重要なのは、この基準レートは読者が選べないという点。
カードの国際ブランドを選んだ時点で、どのネットワークのレートが使われるかが決まります。
そして基準レート自体は「手数料」として明細に別記されません。換算後の円額に溶け込むため、後から検証しにくい性質があります。
基準レートで円換算された金額に、発行会社が所定の率を掛けたものが海外事務手数料です。これがカードごとの差が出る部分。
各社の公式サイトの記載では、JCB CARD WとJCBゴールドは1.6%(JCB基準レート+1.6%)。三井住友カード(NL)は3.63%(2024年11月改定、旧2.20%)、楽天カードも3.63%(2025年3月改定)、エポスカードは3.85%(2025年7月改定、旧2.20%)です。
注目したいのは改定履歴。
旧2.20%だったカードが3%台へ引き上げられており、数年前の情報のまま比較すると実態とずれます。
また同じ発行会社でも国際ブランドによって率が異なる場合があります。複数ブランドを選べるカードでは、申込前にブランド別の記載を確認してください。
手数料は「海外事務手数料」「海外利用に係る事務処理費用」などの名称で規約に定められています。明細では換算後の円額に含まれて表示されるケースが多く、内訳が見えないこともあります。
見落とされやすいのが、適用レートの基準日です。買い物をした日のレートがそのまま使われるわけではありません。
実際には、加盟店からブランドのネットワークに売上データが到着した日(処理日)のレートが使われるのが一般的です。カード会社の規約にも、この趣旨の記載があります。
データ到着までには数日から、店舗や国によっては1週間以上かかることがあります。その間に為替が動けば、支払ったつもりの金額と請求額がずれます。
1ドル150円のときに100ドル使い、処理日に155円になっていれば、換算額は15,000円ではなく15,500円。円安方向に動けば負担が増える構造です。
この時間差は自分では制御できません。だからこそ、制御できる部分——手数料率と通貨の選択——を押さえる価値があります。
請求額の妥当性は、式さえ分かれば自分で確かめられます。「思ったより多い」という違和感を数字で解消しましょう。
基本の式はシンプルです。請求額(円)= 外貨建て利用額 × 基準為替レート × (1+海外事務手数料率)。
たとえば100ドルの買い物、基準レート150円、手数料率1.6%の場合。100×150=15,000円に1.016を掛けて15,240円です。
同じ条件で率が3.63%なら15,545円、3.85%なら15,578円。差額はそれぞれ305円、338円になります。
実際の基準レートは公表値を確認する必要がありますが、概算なら当日の為替レートを代入すれば十分に検算できます。
明細に外貨建て金額と円建て金額の両方が載っていれば、割り算で実効レートを逆算する方法も有効。逆算値が当日の実勢より数%高ければ、手数料分か、あるいは円建て決済の影響を疑えます。
率の差が実額としてどれくらい効くかは、使う金額によって印象が変わります。基準レート150円、決済額別に整理しました。

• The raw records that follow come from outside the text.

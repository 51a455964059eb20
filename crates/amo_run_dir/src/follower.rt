//! A journal that is read on while its writer appends to it.
ghost use Rattle.std.specs.Prelude.{◌≡◌, ◌+◌, ◌<◌, OnOk};

use crate::files::{opened_to_read, path_of};
use crate::identity::first_checksum;
use crate::logs::{LOOKS, counted_in, extent_of, fault_of, log_in};
use amo_journal::{Checksum, Log, Place, ReadOnError, read_on};
use amo_run_faults::{Fault, Item, Later, Setting, had, written};
use amo_run_files::{Extent, RoundFile};
use amo_run_journals::loss_in;
use amo_system_calls::SystemCalls;

/// A journal, the handle by which it is read, and what was read of it.
#[derive(Drop)]
pub(crate) struct Follower<H> {
    item: Item,
    path: String,
    file: H,
    /// The place of the last append that was read.
    place: Place,
    /// The checksum of each append that was read.
    checksums: Vec<Checksum>,
    /// How often the file was read on. By this number contracts state that a call reads on.
    reads: u64,
}

impl<H: Drop> Follower<H> {
    /// Opens a journal, and reads it from its beginning. `last` is the file of the round, which the
    /// caller has read before. `own` is the handle that is taken in place of a new one.
    ///
    /// # Errors
    /// As [`log_in`]. `Missing` if it isn't there, and `Later` if `own` is of another file than
    /// the one of that name.
    pub(crate) fn open<S: SystemCalls<Handle = H>>(
        system: &mut S,
        setting: &Setting<'_>,
        last: Option<&RoundFile>,
        item: Item,
        own: Option<&H>,
    ) -> Result<(Follower<H>, Log), Fault> {
        let path = path_of(system.alloc(), setting, item)?;
        let file = match own {
            Some(guard) => written(item, system.copy(guard))?,
            None => match opened_to_read(system, setting, item)? {
                Some(file) => file,
                None => return Err(Fault::Missing(item)),
            },
        };
        check_name(system, item, &file, path.as_str())?;
        let (log, place) = log_in(system, setting, item, last, &file)?;
        let follower = Follower {
            item,
            path,
            file,
            place,
            checksums: log.checksums.to_vec(system.alloc())?,
            reads: 1,
        };
        Ok((follower, log))
    }

    /// Reads on, and returns the appends that were not read before. If they can't be read, they are
    /// read once more, as long as the file shows other bytes: its writer may be at work.
    ///
    /// # Errors
    /// `Later` if the file can't be read on: the last append that was read, or the file itself, was
    /// replaced, or what follows is damaged.
    pub(crate) fn more<S: SystemCalls<Handle = H>>(&mut self, system: &mut S) -> Result<Log, Fault>
        ensures read { OnOk result (self.old.reads < self.new.reads) }
    {
        check_name(system, self.item, &self.file, self.path.as_str())?;
        let mut bytes = self.rest(system)?;
        let mut read = read_on(system.alloc(), &self.place, &bytes);
        for _look in 0..LOOKS {
            if read.is_ok() {
                break;
            }
            let again = self.rest(system)?;
            let is_same = again.as_slice() == bytes.as_slice();
            bytes = again;
            if is_same {
                break;
            }
            read = read_on(system.alloc(), &self.place, &bytes);
        }
        match read {
            Ok((log, place)) => {
                self.checksums.extend_from_slice(&log.checksums)?;
                self.place = place;
                Ok(log)
            }
            Err(ReadOnError::Memory) => Err(Fault::Memory),
            Err(_) => Err(Fault::Later(Later::Changed(self.item))),
        }
    }

    /// Compares what was read with what the file of a later round counts of this journal. The
    /// caller has read on since it read that file.
    ///
    /// # Errors
    /// `Lost` if fewer appends were read than were counted, or another one is the last of those.
    /// `Refused` if the file counts nothing of this journal.
    pub(crate) fn check<S: SystemCalls<Handle = H>>(
        &self,
        system: &mut S,
        setting: &Setting<'_>,
        last: Option<&RoundFile>,
    ) -> Result<(), Fault> {
        let first = first_checksum(system, setting, self.item)?;
        let counted = counted_in(system.alloc(), self.item, last)?;
        match loss_in(first, counted, &self.checksums) {
            Some(why) => Err(fault_of(self.item, why, counted, last)),
            None => Ok(()),
        }
    }

    /// Returns how much of this journal is on the disk, by what was read: all appends but the last.
    pub(crate) fn extent<S: SystemCalls<Handle = H>>(
        &self,
        system: &mut S,
        setting: &Setting<'_>,
    ) -> Result<Extent, Fault> {
        extent_of(system, setting, self.item, &self.checksums)
    }

    /// Returns the bytes of the file from the last append on that was read.
    ///
    /// # Errors
    /// `Read`, and `Later` if the file was read on more often than 64 bits can count.
    fn rest<S: SystemCalls<Handle = H>>(&mut self, system: &mut S) -> Result<Vec<u8>, Fault>
        ensures { OnOk result (self.new.reads ≡ self.old.reads + 1) }
    {
        let Some(reads) = self.reads.checked_add(1) else {
            return Err(Fault::Later(Later::Changed(self.item)));
        };
        let bytes = had(
            self.item,
            system.read_from(&self.file, self.place.start() as u64),
        )?;
        self.reads = reads;
        Ok(bytes)
    }
}

/// Refuses a file that has this name no longer.
///
/// # Errors
/// `Later` if another file has it, or none.
fn check_name<S: SystemCalls>(
    system: &mut S,
    item: Item,
    file: &S::Handle,
    path: &str,
) -> Result<(), Fault> {
    if had(item, system.is_at(file, path))? {
        Ok(())
    } else {
        Err(Fault::Later(Later::Changed(item)))
    }
}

| 外貨建て利用額 | 換算額(レート150円) | 手数料1.6% | 手数料3.63% | 手数料3.85% |
| 50ドル(カフェ・軽食) | 7,500円 | 120円 | 272円 | 289円 |
| 200ドル(買い物・食事) | 30,000円 | 480円 | 1,089円 | 1,155円 |
| 1,000ドル(宿泊・高額品) | 150,000円 | 2,400円 | 5,445円 | 5,775円 |
| 3,000ドル(旅行代金一式) | 450,000円 | 7,200円 | 16,335円 | 17,325円 |
50ドル程度なら差は170円ほど。ここだけ見れば「気にするほどでもない」と感じるかもしれません。
ところが1,000ドルでは3,000円超、3,000ドルでは1万円近い差になります。ホテル代や航空券を現地決済する旅行では、率の差がそのまま実額として跳ね返ります。

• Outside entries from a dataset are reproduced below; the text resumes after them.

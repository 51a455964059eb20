//! The functions that C calls.
//!
//! Pointers are aligned and not null, that of an empty list included. The places to which they
//! point are apart, and nobody else changes it during the call. `amo_next`, `amo_batch` and
//! `amo_leave` take memory from `malloc`, and give it back before they return. The other functions
//! take none. No call blocks.
//!
//! `examples/c/amo.h` declares these functions for C, with a loop for each way to call them.
ghost use Rattle.std.specs.Prelude.{◌≡◌, ◌≢◌, ◌<◌, ◌≤◌, true, Ok, Err, IfOk, IfErr, IsOkAnd, map, take, drop, length};
ghost use Rattle.std.specs.List.{All};
ghost use Rattle.amo_c.specs.Batch.{items_reply, item_told, IsBelow};
ghost use Rattle.amo_c.specs.Codes.{fault_code};
ghost use Rattle.amo_c.specs.Reply.{givens_in, worker_in, next_reply, leave_reply, code_of, has_worker, words_in, bound_in, announcement_in, claims_in, entry_in};
ghost use Rattle.amo_c.specs.declared.codes.FaultCode.TheVariants.{NoMemory};

use crate::codes::FaultCode;
use crate::item::{AmoItem, write_items};
use crate::told::{AmoGivens, AmoNext, leave_by, next_of};
use crate::worker::{givens_of, standing_after, worker_of};
use amo_process::{Item, done_word, items_of};
use std::alloc::Global;

/// The code of a call that succeeds.
const NO_FAULT: u32 = 0;

/// Returns the next access of worker p whose process has read these values.
fn next_after(
    alloc: Global,
    numbers: &AmoGivens,
    p: u64,
    heard: &[u64],
) -> Result<AmoNext, FaultCode>
    ensures told { IfOk result (λ n. next_reply numbers.now p heard.now ≡ Ok n) }
    ensures fault { IfErr result (λ e. e ≢ NoMemory → next_reply numbers.now p heard.now ≡ Err e) }
    ensures memory { IfErr result (λ e. e ≡ NoMemory → has_worker numbers.now p ≡ true) }
    ensures within { IfOk result (λ n. n.word < words_in (givens_in numbers.now)) }
{
    let worker = worker_of(numbers, p)?;
    let standing = standing_after(alloc, worker, heard)?;
    Ok(next_of(worker, &standing))
}

/// The next access of a worker, and its batch.
#[derive(Drop)]
struct Batch {
    next: AmoNext,
    items: Vec<Item>,
}

/// Returns the next access of worker p whose process has read these values, and its batch.
fn batch_after(
    alloc: Global,
    numbers: &AmoGivens,
    p: u64,
    heard: &[u64],
) -> Result<Batch, FaultCode>
    ensures told { IfOk result (λ b. next_reply numbers.now p heard.now ≡ Ok b.next) }
    ensures fault { IfErr result (λ e. e ≢ NoMemory → next_reply numbers.now p heard.now ≡ Err e) }
    ensures memory { IfErr result (λ e. e ≡ NoMemory → has_worker numbers.now p ≡ true) }
    ensures within { IfOk result (λ b. b.next.word < words_in (givens_in numbers.now)) }
    ensures items { IfOk result (λ b. items_reply numbers.now p heard.now ≡ Ok (map item_told b.items.items)) }
    ensures below { IfOk result (λ b. All (IsBelow (words_in (givens_in numbers.now))) (map item_told b.items.items)) }
{
    let worker = worker_of(numbers, p)?;
    let standing = standing_after(alloc, worker, heard)?;
    let next = next_of(worker, &standing);
    let Ok(items) = items_of(alloc, worker.givens, worker.number, standing) else {
        return Err(FaultCode::NoMemory);
    };
    Ok(Batch { next, items })
}

/// Returns the store by which worker p leaves whose process has read these values.
fn leaving_after(
    alloc: Global,
    numbers: &AmoGivens,
    p: u64,
    heard: &[u64],
) -> Result<AmoNext, FaultCode>
    ensures told { IfOk result (λ n. leave_reply numbers.now p heard.now ≡ Ok n) }
    ensures fault { IfErr result (λ e. e ≢ NoMemory → leave_reply numbers.now p heard.now ≡ Err e) }
    ensures memory { IfErr result (λ e. e ≡ NoMemory → has_worker numbers.now p ≡ true) }
    ensures within { IfOk result (λ n. n.word < words_in (givens_in numbers.now)) }
{
    let worker = worker_of(numbers, p)?;
    let standing = standing_after(alloc, worker, heard)?;
    leave_by(worker, &standing)
}

/// Writes the next access of worker p to `next`. `heard` has the values that its process has read
/// since it began: the value of each load and 0 for each store, in order. It takes time in
/// proportion to the list.
///
/// # Errors
///
/// The result is 0 if `next` was written, and otherwise the number of a [`FaultCode`]. `NoMemory`
/// doesn't depend on the list, since memory is taken before the list is read.
#[unsafe(no_mangle)]
pub extern "C" fn amo_next(
    alloc: Global,
    givens: &AmoGivens,
    p: u64,
    heard: &[u64],
    next: &mut AmoNext,
) -> u32
    ensures code { result ≢ fault_code NoMemory → result ≡ code_of (next_reply givens.now p heard.now) }
    ensures memory { result ≡ fault_code NoMemory → has_worker givens.now p ≡ true }
    ensures told { result ≡ 0 → next_reply givens.now p heard.now ≡ Ok next.new }
    ensures within { result ≡ 0 → next.new.word < words_in (givens_in givens.now) }
    ensures unchanged { result ≢ 0 → next.new ≡ next.old }
{
    match next_after(alloc, givens, p, heard) {
        Ok(told) => {
            *next = told;
            NO_FAULT
        }
        Err(fault) => fault.number(),
    }
}

/// Writes the next access as `amo_next` does, and the worker's batch: all accesses that are known
/// before another value is read, in order. It writes the first items, as many as there are places,
/// and their number to `count`. Other places stay as they were. `2 * workers + 1` places are enough
/// for any batch.
///
/// # Errors
///
/// The result is 0 if `next`, `count` and items were written, and otherwise the number of a
/// [`FaultCode`].
#[unsafe(no_mangle)]
pub extern "C" fn amo_batch(
    alloc: Global,
    givens: &AmoGivens,
    p: u64,
    heard: &[u64],
    items: &mut [AmoItem],
    count: &mut u64,
    next: &mut AmoNext,
) -> u32
    ensures code { result ≢ fault_code NoMemory → result ≡ code_of (next_reply givens.now p heard.now) }
    ensures memory { result ≡ fault_code NoMemory → has_worker givens.now p ≡ true }
    ensures told { result ≡ 0 → next_reply givens.now p heard.now ≡ Ok next.new }
    ensures within { result ≡ 0 → next.new.word < words_in (givens_in givens.now) }
    ensures items { result ≡ 0 → IsOkAnd (items_reply givens.now p heard.now) (λ all. take count.new items.new ≡ take (length items.old) all) }
    ensures below { result ≡ 0 → All (IsBelow (words_in (givens_in givens.now))) (take count.new items.new) }
    ensures count { result ≡ 0 → count.new ≤ length items.old }
    ensures beyond { result ≡ 0 → drop count.new items.new ≡ drop count.new items.old }
    ensures unchanged { result ≢ 0 → (next.new ≡ next.old) × (items.new ≡ items.old) × (count.new ≡ count.old) }
{
    match batch_after(alloc, givens, p, heard) {
        Ok(batch) => {
            *count = write_items(items, &batch.items) as u64;
            *next = batch.next;
            NO_FAULT
        }
        Err(fault) => fault.number(),
    }
}

/// Writes the store by which worker p leaves to `next`. `heard` is the list that `amo_next` takes.
/// It is the last access of this process. Don't call with this list again. Another process may
/// begin as the worker later.
///
/// # Errors
///
/// The result is 0 if `next` was written, and otherwise the number of a [`FaultCode`]:
/// `MayNotLeave` among them.
#[unsafe(no_mangle)]
pub extern "C" fn amo_leave(
    alloc: Global,
    givens: &AmoGivens,
    p: u64,
    heard: &[u64],
    next: &mut AmoNext,
) -> u32
    ensures code { result ≢ fault_code NoMemory → result ≡ code_of (leave_reply givens.now p heard.now) }
    ensures memory { result ≡ fault_code NoMemory → has_worker givens.now p ≡ true }
    ensures told { result ≡ 0 → leave_reply givens.now p heard.now ≡ Ok next.new }
    ensures within { result ≡ 0 → next.new.word < words_in (givens_in givens.now) }
    ensures unchanged { result ≢ 0 → next.new ≡ next.old }
{
    match leaving_after(alloc, givens, p, heard) {
        Ok(told) => {
            *next = told;
            NO_FAULT
        }
        Err(fault) => fault.number(),
    }
}

/// Returns how many registers there are, or 0 if the numbers break a limit. All are 0 at first, and
/// the word at place 0 always is.
#[unsafe(no_mangle)]
pub extern "C" fn amo_words(givens: &AmoGivens) -> u64
    ensures { result ≡ words_in (givens_in givens.now) }
{
    match givens_of(givens) {
        Ok(givens) => givens.workers as u64 * (givens.jobs as u64 + 3) + 1,
        Err(_) => 0,
    }
}

/// Returns how many jobs are done at least once a worker has ended, or 0 if the numbers break a
/// limit.
#[unsafe(no_mangle)]
pub extern "C" fn amo_bound(givens: &AmoGivens) -> u64
    ensures { result ≡ bound_in (givens_in givens.now) }
{
    match givens_of(givens) {
        Ok(givens) => givens.bound() as u64,
        Err(_) => 0,
    }
}

/// Returns the place of worker p's announcement, or 0 if p isn't a worker of these givens.
#[unsafe(no_mangle)]
pub extern "C" fn amo_announcement_word(givens: &AmoGivens, p: u64) -> u64
    ensures { result ≡ announcement_in (worker_in (givens_in givens.now) p) }
{
    match worker_of(givens, p) {
        Ok(worker) => worker.number as u64,
        Err(_) => 0,
    }
}

/// Returns the place of worker p's count of claims, or 0 if p isn't a worker of these givens.
#[unsafe(no_mangle)]
pub extern "C" fn amo_claims_word(givens: &AmoGivens, p: u64) -> u64
    ensures { result ≡ claims_in (worker_in (givens_in givens.now) p) }
{
    match worker_of(givens, p) {
        Ok(worker) => worker.givens.workers as u64 + worker.number as u64,
        Err(_) => 0,
    }
}

/// Returns the place of the k-th entry of worker p's row, or 0 if the givens have no such place.
/// Entries go from 1 to `jobs + 1`, and the last of them is always 0.
#[unsafe(no_mangle)]
pub extern "C" fn amo_entry_word(givens: &AmoGivens, p: u64, k: u64) -> u64
    ensures { result ≡ entry_in (worker_in (givens_in givens.now) p) k }
{
    match worker_of(givens, p) {
        Ok(worker) if k >= 1 && k <= worker.givens.jobs as u64 + 1 => {
            done_word(worker.givens, worker.number, k as u32)
        }
        Ok(_) | Err(_) => 0,
    }
}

年に数回渡航するなら、この差は毎回積み上がります。1回あたりの金額ではなく、年間の海外利用総額で考えるのが実態に近い見方でしょう。
逆に言えば、短期の観光で現金中心・カード利用が数万円程度なら、乗り換えの手間に見合う差にならない場合もあります。自分の利用額を当てはめて判断してください。
海外利用分は、国内利用に比べて明細への反映が遅れます。加盟店から売上データが届くまでに時間がかかるためです。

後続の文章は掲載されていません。